日本人戦没者の遺骨、発見ならずも木炭確認 試掘結果分析しさらなる調査検討へ/台湾
調査を主導したのは、日本政府の委託を受けた「日本戦没者遺骨収集推進協会」で、台湾電力第3原子力発電所放水口付近で今月20日に始まった。
同協会の派遣団長を務める井上達昭さんによると、遺骨そのものは見つからなかったものの、木炭や焼けた物質が確認された。井上さんはこれらが遺体を火葬した形跡の可能性があるとの見方を示した上で、今後の調査に向けた手掛かりになればと期待を寄せた。
今回の作業には、約10人の台湾人ボランティアが参加した。井上さんは台湾の人々の熱意ある協力が最も印象に残ったと語った。
同県在住で、7年前から戦没者の遺骨に関する調査に携わってきた舘量子さんは、遺骨の発見につながらなかったことに無念さをにじませつつも、作業に加わった台湾の人々に感謝した。また、この活動がより高いレベルで関心を集め、さらなる調査が実現することを願った。

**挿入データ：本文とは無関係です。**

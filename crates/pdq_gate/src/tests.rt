//! Worked examples, as lists of calls.
ghost use Rattle.std.specs.Prelude.{◌≡◌, IfSome, IsTrue};
ghost use Rattle.pdq_model.specs.Step.{is_open};

use crate::{
    ActiveRow, Admit, Cancelled, Change, Changed, Collected, Config, How, Manager, Opened, Refused,
    Setting, Status, Submitted, WaitingRow, Why,
};
use pdq_frame::Pool;
use std::alloc::Global;
use std::process::Abort;

/// A call, with what it must answer.
#[derive(Drop)]
enum Line {
    /// Session 1 submits a query of this priority and so many fragments: its number and its gate.
    Claim(u32, u32, u32, u32),
    /// Session 1 submits a query of this priority and so many fragments, and is refused.
    Refused(u32, u32, Refused),
    /// The query of this number is collected and finished: the step.
    Done(u32, u64),
    /// The same, for one that was cancelled at the first step.
    Stopped(u32, u64, u64),
    /// The query of this number is collected, and was withdrawn at the first step.
    Withdrawn(u32, u64, u64),
    Open(bool, Result<Opened, Refused>),
    Close(u32, u64),
    /// A session cancels a query.
    Cancel(u32, u32, Result<Cancelled, Refused>),
    /// A session changes a parameter, with a pool of so many quanta of so many frames where the setting asks for one.
    Onmode(u32, Setting, u32, u32, Result<Changed, Refused>),
    /// What the last entry admitted.
    Admits(&'static [Admit]),
}

/// A pool of so many quanta of so many frames.
fn pool(alloc: Global, quanta: u32, frames: u32) -> Option<Pool>
    ensures value { IfSome result (λ p. p ≡ record { frames_per_quantum = frames; home = quanta; made = quanta }) }
{
    match frames.checked_mul(quanta) {
        Some(all) if all <= 262_144 && frames >= 1 => match Pool::new(alloc, frames, quanta) {
            Ok(pool) => Some(pool),
            Err(_) => None,
        },
        _ => None,
    }
}
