// The maker of guard tables, but for the test of its work memory.
ghost use Rattle.std.specs.Prelude.{◌≡◌, true, length};
ghost use Rattle.records.specs.Meaning.Numbers.{zeros};
ghost use Rattle.solve.specs.Model.Making.{Answers};
ghost use Rattle.plan.specs.Model.GuardOfSheet.{guard_table_of, states_of};
ghost use Rattle.plan.specs.Model.Planned.{Room};

use crate::horizon::{PlanWork, plan};
use guard_table::layout::guard_length;
use records::numbers::pow2;
use sheet::layout::{ReadSheet, Refusal};
use solve::made::Made;
use solve::opening::open_sheet;
use values::values::StepCells;

// Makes the guard table of a sheet. `ok` says that the work memory is long enough; it may hold anything, and is zero afterwards.
// The slices come one by one, as C's caller lends them.
// `ok` goes on to the opening, which refuses 10 for all makers.
pub fn make_cleared(
    ok: bool,
    s: &[u8],
    res: &mut [u8],
    tuples: &mut [u64],
    cells: &mut [u16],
    dropped: &mut [u16],
    gains: &mut [u16],
    bonuses: &mut [u16],
    values: &mut [u64],
    arrivals: &mut [u64],
    order: &mut [u16],
    numbers: &mut [u16],
) -> Result<Made, Refusal>
    requires { ok ≡ true → Room tuples.old cells.old dropped.old gains.old bonuses.old values.old arrivals.old order.old
        numbers.old }
    ensures made { Answers guard_table_of states_of ok s.now res.old result res.new }
    ensures tuples { tuples.new ≡ zeros (length tuples.old) }
    ensures cells { cells.new ≡ zeros (length cells.old) }
    ensures dropped { dropped.new ≡ zeros (length dropped.old) }
    ensures gains { gains.new ≡ zeros (length gains.old) }
    ensures bonuses { bonuses.new ≡ zeros (length bonuses.old) }
    ensures values { values.new ≡ zeros (length values.old) }
    ensures arrivals { arrivals.new ≡ zeros (length arrivals.old) }
    ensures order { order.new ≡ zeros (length order.old) }
    ensures numbers { numbers.new ≡ zeros (length numbers.old) }
{
    let work = PlanWork {
        gains,
        bonuses,
        values,
        arrivals,
        order,
        numbers,
    };
    let made = make_with(ok, s, res, tuples, cells, dropped, work);
    gains.fill(0);
    bonuses.fill(0);
    values.fill(0);
    arrivals.fill(0);
    order.fill(0);
    numbers.fill(0);
    tuples.fill(0);
    cells.fill(0);
    dropped.fill(0);
    made
}

// The opening, then the guard over the sheet's horizon, then 9, and the result is written only then. The work memory is left as it falls.
// `ok` and the slices go on to the opening as they came: it refuses 10 for all makers.
fn make_with<'a>(
    ok: bool,
    s: &[u8],
    res: &mut [u8],
    tuples: &mut [u64],
    cells: &'a mut [u16],
    dropped: &'a mut [u16],
    work: PlanWork<'a>,
) -> Result<Made, Refusal>
    requires { ok ≡ true → Room tuples.old cells.old dropped.old work.gains.now work.bonuses.now work.values.now
        work.arrivals.now work.order.now work.numbers.now }
    ensures { Answers guard_table_of states_of ok s.now res.old result res.new }
{
    let opened = open_sheet(ok, s, tuples, cells, dropped)?;
    let layout = opened.sheet;
    let sheet = ReadSheet { bytes: s, layout };
    let steps = StepCells {
        cells,
        ins: pow2(layout.inputs),
        outs: pow2(layout.outputs),
    };
    let guard = plan(
        &sheet,
        layout.horizon,
        opened.states,
        tuples,
        steps,
        dropped,
        work,
    );
    let length = guard_length(layout.inputs, guard.count);
    if res.len() < length {
        return Err(Refusal::ShortResult);
    }
    guard.write(res, layout, layout.horizon);
    Ok(Made {
        length,
        states: guard.count,
    })
}
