//! Scripts, problems, plans and trees, read from JSON and written as JSON.
//!
//! `json` reads the parts of an input, and `readers` exports the readers that callers may use on
//! their own. A fault has the path of the part of the input that has it (`Misread`). `tree_json`
//! and `plan_json` write the form that is read.
//!
//! ```
//! let script = read_script(alloc, input)?;
//! // ["guard",["op","ilt"],["op","iadd"],["op","isub"]]
//! let text = tree_json(alloc, &definition, definition.target(0).handle())?;
//! ```
#![tactic(auto)]

mod fault;
mod json;
mod key;
mod leaf;
mod misfit;
mod misread;
pub mod readers;
mod refused;
mod tree;
mod values;
mod writer;

pub use fault::{Fault, InputFault, TextFault};
pub use json::LONGEST_INPUT;
pub use json::certificate::plan_json;
pub use json::form::{InputForm, first_misread};
pub use json::plan::read_plan;
pub use json::problem::read_problem;
pub use json::script::{Script, read_script};
pub use json::step::Step;
pub use json::wanted::{Named, Numbered, Wanted, Word};
pub use key::{Field, Key};
pub use misread::Misread;
pub use refused::RefusedEvent;
pub use tree::tree_json;
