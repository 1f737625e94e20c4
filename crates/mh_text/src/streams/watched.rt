//! Readers and writers that count their failures.
ghost use Rattle.std.specs.Prelude.{◌≡◌, ◌<◌, ◌≤◌, length, true, IfOk, IfErr, IsErr, OnOk, OnErr};
ghost use Rattle.std.specs.Io.KnownBytes.{ReadConsumes, WriteAppends, Appends, Keeps};
ghost use Rattle.mh_text.specs.Bytes.{AppendsFront, one_more};

use crate::streams::failing::{Sink, Source};
use mh_json::TextFault;
use std::io;
use std::io::ErrorKind;

/// A reader or a writer, and the number of its failures since it was wrapped.
///
/// A read, a write or a flush that returns an error is a failure, and so is a write that accepts
/// none of its bytes. A call that a signal interrupted (`ErrorKind::Interrupted`) is repeated, as
/// in `std::io::Write::write_all`, and is not a failure. The count is private, so that it only
/// counts calls that were made; it wraps to 0 after 2^64 - 1.
#[derive(Debug, Drop)]
pub struct Watched<T> {
    pub inner: T,
    failures: u64,
}

impl<T> Watched<T> {
    pub fn new(inner: T) -> Watched<T>
        ensures inner { result.inner ≡ inner }
        ensures fresh { result.failures ≡ 0 }
    {
        Watched { inner, failures: 0 }
    }

    /// Returns the number of failures.
    pub fn failures(&self) -> u64
        ensures value { result ≡ self.now.failures }
    {
        self.failures
    }
}

/// Returns the number of failures after one more.
fn count_failure(failures: u64) -> u64
    ensures value { result ≡ one_more failures }
{
    failures.wrapping_add(1)
}

/// Returns whether a signal interrupted a call.
fn was_interrupted(answer: &io::Result<usize>) -> bool
    ensures failed { result ≡ true → IsErr answer.now }
{
    match answer {
        Ok(_) => false,
        Err(error) => error.kind() == ErrorKind::Interrupted,
    }
}

/// Reads once, and repeats the read if a signal interrupts it.
fn read_once<R: Source>(reader: &mut R, buffer: &mut [u8]) -> Result<usize, TextFault>
    ensures bound { IfOk result (λ n. n ≤ length buffer.new) }
    ensures bytes { ReadConsumes (R.remaining reader.old)
        (R.remaining reader.new) result buffer.new }
    ensures fault { IfErr result (λ e. e ≡ TextFault.ReadFailed) }
    ensures told { OnErr result (R.has_failed reader.new) }
{
    let mut answer = reader.try_read(buffer);
    for _ in 0..u64::MAX {
        if !was_interrupted(&answer) {
            break;
        }
        answer = reader.try_read(buffer);
    }
    answer.map_err(|_| TextFault::ReadFailed)
}

/// Writes once, and repeats the write if a signal interrupts it. Fails if the write accepts no
/// byte.
fn write_once<W: Sink>(writer: &mut W, bytes: &[u8]) -> Result<usize, TextFault>
    ensures some { IfOk result (λ n. 0 < n) }
    ensures bound { IfOk result (λ n. n ≤ length bytes.now) }
    ensures bytes { WriteAppends (W.contents writer.old) (W.contents writer.new) result bytes.now }
    ensures fault { IfErr result (λ e. e ≡ TextFault.WriteFailed) }
    ensures told { OnErr result (W.has_failed writer.new) }
{
    let mut answer = writer.try_write(bytes);
    for _ in 0..u64::MAX {
        if !was_interrupted(&answer) {
            break;
        }
        answer = writer.try_write(bytes);
    }
    match answer {
        Ok(0) | Err(_) => Err(TextFault::WriteFailed),
        Ok(n) => Ok(n),
    }
}

impl<R: Source> Watched<R> {
    /// Reads once. Fails only if the reader's read failed in this call.
    pub fn read(&mut self, buffer: &mut [u8]) -> Result<usize, TextFault>
        ensures bound { IfOk result (λ n. n ≤ length buffer.new) }
        ensures bytes { ReadConsumes (R.remaining self.old.inner)
            (R.remaining self.new.inner) result buffer.new }
        ensures kept { OnOk result (self.new.failures ≡ self.old.failures) }
        ensures failed { OnErr result (self.new.failures ≡ one_more self.old.failures) }
        ensures fault { IfErr result (λ e. e ≡ TextFault.ReadFailed) }
        ensures told { OnErr result (R.has_failed self.new.inner) }
    {
        match read_once(&mut self.inner, buffer) {
            Ok(n) => Ok(n),
            Err(fault) => {
                self.failures = count_failure(self.failures);
                Err(fault)
            }
        }
    }
}

impl<W: Sink> Watched<W> {
    /// Writes the bytes, up to the first write that fails or accepts none. Fails only if the
    /// writer's write failed in this call.
    pub fn write_all(&mut self, bytes: &[u8]) -> Result<(), TextFault>
        ensures ok { OnOk result (Appends (W.contents self.old.inner)
            (W.contents self.new.inner) bytes.now) }
        ensures begun { OnErr result (AppendsFront (W.contents self.old.inner)
            (W.contents self.new.inner) bytes.now) }
        ensures kept { OnOk result (self.new.failures ≡ self.old.failures) }
        ensures failed { OnErr result (self.new.failures ≡ one_more self.old.failures) }
        ensures fault { IfErr result (λ e. e ≡ TextFault.WriteFailed) }
        ensures told { OnErr result (W.has_failed self.new.inner) }
    {
        let mut rest = bytes;
        while !rest.is_empty() {
            match write_once(&mut self.inner, rest) {
                Ok(n) => rest = &rest[n..],
                Err(fault) => {
                    self.failures = count_failure(self.failures);
                    return Err(fault);
                }
            }
        }
        Ok(())
    }

    /// Flushes the bytes that were written. Fails only if the writer's flush failed in this call.
    pub fn flush(&mut self) -> Result<(), TextFault>
        ensures bytes { Keeps (W.contents self.old.inner) (W.contents self.new.inner) }
        ensures kept { OnOk result (self.new.failures ≡ self.old.failures) }
        ensures failed { OnErr result (self.new.failures ≡ one_more self.old.failures) }
        ensures fault { IfErr result (λ e. e ≡ TextFault.WriteFailed) }
        ensures told { OnErr result (W.has_failed self.new.inner) }
    {
        match self.inner.try_flush() {
            Ok(()) => Ok(()),
            Err(_) => {
                self.failures = count_failure(self.failures);
                Err(TextFault::WriteFailed)
            }
        }
    }
}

同地は墾丁国家公園内に位置し、すぐそばにはサンゴ礁がある。同公園管理処は今回の調査に対し、人道的、文化的、歴史探究の観点から歓迎したとしつつ、環境保護のため、大規模な掘削ではなく手作業による試掘を認めたと説明。何らかの発見があった場合、今後の対応を改めて検討するとした。
同地は30日、作業を終えた後、全ての土が埋め戻された。